# 2010 Marzocchi Roco R coil



## rswitz (Mar 8, 2011)

Is the 2010 Marzocchi Roco R coil shock the same thing as the "TST" version? On the Marzocchi website, the only coil shocks listed for 2010 is the roco r world cup (which mine isnt), and the roco TST R coil. On my bikes website (Airborne Taka) the specs just say Roco R coil over, with no "TST", and its definitely the 2010 model because I called Airborne and asked. Is there a difference? My bike comes tommorow!  
Heres a pic of the bike: 


​


----------



## DirtyMartini (Aug 5, 2010)

I'm not 100% sure, but I believe Marz makes more Roco Coils than just the "WC" and "TST" (even though they only show those two on their site).

I believe there is a Roco R Coil which is basically the same shock as the WC and TST except that there is no external compression knob on the piggy back.

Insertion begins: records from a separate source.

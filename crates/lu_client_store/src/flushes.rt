//! The next change of an object that is written back, and the held lock under which it is.

ghost use Rattle.std.specs.Prelude.{◌≡◌, List, ◌∷◌, false, option_map, IfOk, IfSome, OnErr};
ghost use Rattle.lu_held.specs.declared.locks.HeldLock.{HeldLock as HeldOf};
ghost use Rattle.lu_spec_client.specs.Patches.{Patch, in_flight};
ghost use Rattle.lu_spec_client.specs.Caches.{patch_at};
ghost use Rattle.lu_spec_client.specs.WriteBack.{operation, flush_under, flushes};
ghost use Rattle.lu_client_store.specs.Stored.{stored_turn, IsInFile};
ghost use Rattle.lu_client_store.specs.WriteBacks.{back_under, backs, backs_or, next_in};

use super::store::Store;
use lu_base::{Ask, Extent, Lock, Memory, Mode, Policy, Resource, TargetId};
use lu_held::HeldLock;
use lu_msg::Op;
use lu_spec_entries::Flush;

/// A change of an object that is written back, under a held lock of a target.
#[derive(Debug, Drop)]
pub struct WriteBack {
    pub target: TargetId,
    pub lock: Lock,
    pub flush: Flush,
}

impl WriteBack {
    /// What is asked of the target.
    pub fn operation(self) -> Op
        ensures asks { result ≡ operation self.lock.resource self.lock.cookie self.flush }
    {
        let (resource, cookie) = (self.lock.resource, self.lock.cookie);
        match self.flush {
            Flush::Cut(size) => Op::Cut {
                resource,
                cookie,
                size,
            },
            Flush::Put(offset, bytes) => Op::Put {
                resource,
                cookie,
                offset,
                bytes,
            },
        }
    }
}

/// The range of an object that a lock lets its client change: that of a PW lock.
fn range_to_write(lock: &Lock) -> Option<Extent>
    ensures flush { (p : Patch) → flush_under p lock.now.ask.mode lock.now.ask.policy ≡ next_in result p }
{
    match lock.ask {
        Ask {
            mode: Mode::PW,
            policy: Policy::Range(extent),
            ..
        } => Some(extent),
        _ => None,
    }
}

impl Store {
    /// The next write-back under a held lock, which ends with the lock; none where it is no PW lock, or its object has no
    /// change there. It is under way then; none of the object is before. After want of memory nothing has changed.
    pub fn take_flush_under(&mut self, held: &HeldLock) -> Result<Option<WriteBack>, Memory>
        requires rests { in_flight (patch_at held.now.lock.resource self.old.store.patches) ≡ false }
        ensures back { IfOk result (λ back. back ≡ option_map (back_under held.now)
            (flush_under (patch_at held.now.lock.resource self.old.store.patches) held.now.lock.ask.mode
            held.now.lock.ask.policy)) }
        ensures in_file { IfOk result (λ back. IfSome back (λ back. IsInFile back.flush)) }
        ensures sent { IfOk result (λ back. self.new ≡ stored_turn self.old (backs back)) }
        ensures kept { OnErr result (self.new ≡ self.old) }
    {
        let lock = held.lock;
        let Some(extent) = range_to_write(&lock) else {
            return Ok(None);
        };
        match self.take_flush(lock.resource, extent)? {
            Some(flush) => Ok(Some(WriteBack {
                target: held.target,
                lock,
                flush,
            })),
            None => Ok(None),
        }
    }

    /// The same of an object: none where the lock is on another.
    fn take_flush_of(
        &mut self,
        resource: Resource,
        held: &HeldLock,
    ) -> Result<Option<WriteBack>, Memory>
        requires rests { in_flight (patch_at resource self.old.store.patches) ≡ false }
        ensures back { IfOk result (λ back. (others : List HeldOf)
            → flushes resource (patch_at resource self.old.store.patches) (held.now ∷ others)
            ≡ backs_or (flushes resource (patch_at resource self.old.store.patches) others) back) }
        ensures in_file { IfOk result (λ back. IfSome back (λ back. IsInFile back.flush)) }
        ensures sent { IfOk result (λ back. self.new ≡ stored_turn self.old (backs back)) }
        ensures kept { OnErr result (self.new ≡ self.old) }
    {
        if held.lock.resource != resource {
            return Ok(None);
        }
        self.take_flush_under(held)
    }

    /// The next write-back of an object, under the first of these held locks that has a change of it; none where no lock
    /// has. It is under way then; none of the object is before. After want of memory nothing has changed.
    pub fn take_first_flush(
        &mut self,
        resource: Resource,
        locks: &[HeldLock],
    ) -> Result<Option<WriteBack>, Memory>
        requires rests { in_flight (patch_at resource self.old.store.patches) ≡ false }
        ensures back { IfOk result (λ back. backs back
            ≡ flushes resource (patch_at resource self.old.store.patches) locks.now) }
        ensures in_file { IfOk result (λ back. IfSome back (λ back. IsInFile back.flush)) }
        ensures sent { IfOk result (λ back. self.new ≡ stored_turn self.old (backs back)) }
        ensures kept { OnErr result (self.new ≡ self.old) }
    {
        for held in locks {
            if let Some(back) = self.take_flush_of(resource, held)? {
                return Ok(Some(back));
            }
        }
        Ok(None)
    }
}
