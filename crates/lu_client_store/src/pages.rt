//! Pages of a file that are missing.

ghost use Rattle.std.specs.Prelude.{◌≡◌, ◌<◌, ◌≤◌, ◌+◌, ◌^◌, [], All, length, option_map, unwrap_or};
ghost use Rattle.std.specs.Option.{option_copied};
ghost use Rattle.lu_spec_client.specs.Patches.{clean};
ghost use Rattle.lu_spec_client.specs.Looks.{is_there, first_missing, end_under, missing_under, missing};
ghost use Rattle.lu_held.specs.Locks.{reaches_end};
ghost use Rattle.lu_client_store.specs.Pages.{page_of, missing_on};

use super::store::Store;
use lu_base::{Lock, Policy};
use lu_layout::Layout;
use lu_page::{PAGE, Places};
use lu_patch::Patch;
use lu_spec_entries::Using;
use std::cmp::min;

/// Whether a lock reaches the end of its object.
pub(crate) fn reaches_end(lock: &Lock) -> bool
    ensures { result ≡ reaches_end lock.now.ask.policy }
{
    match lock.ask.policy {
        Policy::Range(extent) => extent.last == u64::MAX,
        Policy::Bits(_) => false,
    }
}

/// Whether a byte of an object is there: known, or changed by the client.
fn is_there(known: Option<&Places<u8>>, patch: Option<&Patch>, at: u64) -> bool
    ensures { result ≡ is_there (unwrap_or (option_copied known.entry) [])
        (unwrap_or (option_copied patch.entry) clean).dirty at }
{
    if let Some(places) = known {
        if places.at(at).is_some() {
            return true;
        }
    }
    match patch {
        Some(patch) => patch.is_dirty(at),
        None => false,
    }
}

/// The first of so many offsets of an object whose byte isn't there.
fn first_missing(
    known: Option<&Places<u8>>,
    patch: Option<&Patch>,
    first: u64,
    count: u64,
) -> Option<u64>
    requires fits { first + count ≤ 2 ^ 63 }
    ensures missing { result
        ≡ first_missing (unwrap_or (option_copied known.entry) [])
        (unwrap_or (option_copied patch.entry) clean).dirty first count }
{
    for k in 0..count {
        if !is_there(known, patch, first + k) {
            return Some(first + k);
        }
    }
    None
}

impl Store {
    /// Where a search for missing bytes of a lock's object ends: at the object's size, where the lock reaches the end.
    fn end_under(&self, lock: &Lock, end: u64) -> u64
        ensures end { result ≡ end_under lock.now end self.now.store }
        ensures within { result ≤ end }
    {
        if reaches_end(lock) {
            return min(end, self.size_under(lock));
        }
        end
    }

    /// The first offset of a lock's object, of a range that ends before `end`, whose byte isn't there.
    fn missing_under(&self, lock: &Lock, first: u64, end: u64) -> Option<u64>
        requires fits { first ≤ 2 ^ 44 }
        requires end { end ≤ 2 ^ 44 }
        ensures missing { result ≡ missing_under lock.now first end self.now.store }
    {
        let end = self.end_under(lock, end);
        let known = self.bytes(lock.resource);
        let patch = self.patch(lock.resource);
        first_missing(known, patch, first, end.saturating_sub(first))
    }

    /// The same under a lock in use, for positions of the file.
    fn missing_on(&self, layout: &Layout, one: Using, position: u64, end: u64) -> Option<u64>
        requires position { position ≤ 2 ^ 44 }
        requires end { end ≤ 2 ^ 44 }
        requires stripe { one.want.resource.stripe < length layout.now.targets }
        ensures missing { result ≡ missing_on layout.now position end self.now.store one }
    {
        let _size = layout.size();
        let stripe = one.want.resource.stripe;
        let first = layout.below(stripe, position);
        let end = layout.below(stripe, end);
        self.missing_under(&one.lock, first, end)
    }

    /// The first page of a file with a byte that isn't there, of the positions from `position` on and before `end`, in the
    /// order of the locks in use, and the lock under which it is to be fetched. A byte is there where it is known or the
    /// client has written it. Where a lock reaches the end of its object nothing past the object's size is missing. Pages
    /// have 4,096 bytes and are counted from 0 in their object. Both positions are at most 2^44.
    pub fn missing(
        &self,
        layout: &Layout,
        position: u64,
        end: u64,
        used: &[Using],
    ) -> Option<(Using, u64)>
        requires position { position ≤ 2 ^ 44 }
        requires end { end ≤ 2 ^ 44 }
        requires stripes { All (λ u. u.want.resource.stripe < length layout.now.targets) used.now }
        ensures missing { option_map page_of result ≡ missing layout.now position end self.now.store used.now }
    {
        for one in used {
            if let Some(offset) = self.missing_on(layout, *one, position, end) {
                return Some((*one, offset / PAGE));
            }
        }
        None
    }
}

The WC has a high-speed compression adjustment knob on the piggy back (but the sticker just says "compression"). The TST has a low-speed compression adjustment knob (it has 5 settings of "DH" for downhill to "CL" for climbing). If there is no adjustment knob on your piggy back, then you may have the Roco R Coil. The high and low speed compression can still be adjusted on that shock, but you have to take it apart and change the shim stack.

If you have no compression knob you can adjust how propregressive or linear the shock behaves by adding and reducing pressure in the piggy back. High psi = more progressive, lower psi = more linear.

Hope that helps.


----------



## Nick_M2R (Oct 18, 2008)

You have the coil r, which is an OEM model only, hence why it's not on there website.

You can adjust the air pressure in the piggyback chamber to make the shock harder or softer, and you can adjust the rebound. It has no form of external compression adjust (no TST or HSCV found in the Roco wc)


----------



## Norcoshore1 (Apr 28, 2010)

comes tomorrow? I thought you had this thing like 3 weeks ago


----------



## d36u9 (Sep 19, 2011)

DirtyMartini said:


> If you have no compression knob you can adjust how progressive or linear the shock behaves by adding and reducing pressure in the piggy back. High psi = more progressive, lower psi = more linear.
> 
> Hope that helps.


Yup, it sure helps.

Got a Roco R coil along with my Giant Reign SX, and I've been trying to figure out how to tune the Roco R. I think I need to change the spring rate (currently 350 lbs/in with 2.25" stroke) cuz I've got like 40-45% sag on it. Incidentally, I weigh about 155 lbs (about 70 kgs). The piggyback has been quite a mystery though -- can't seem to find any recommendations as to the pressure setting for it relative to rider weight & coil spring rate/stroke.


----------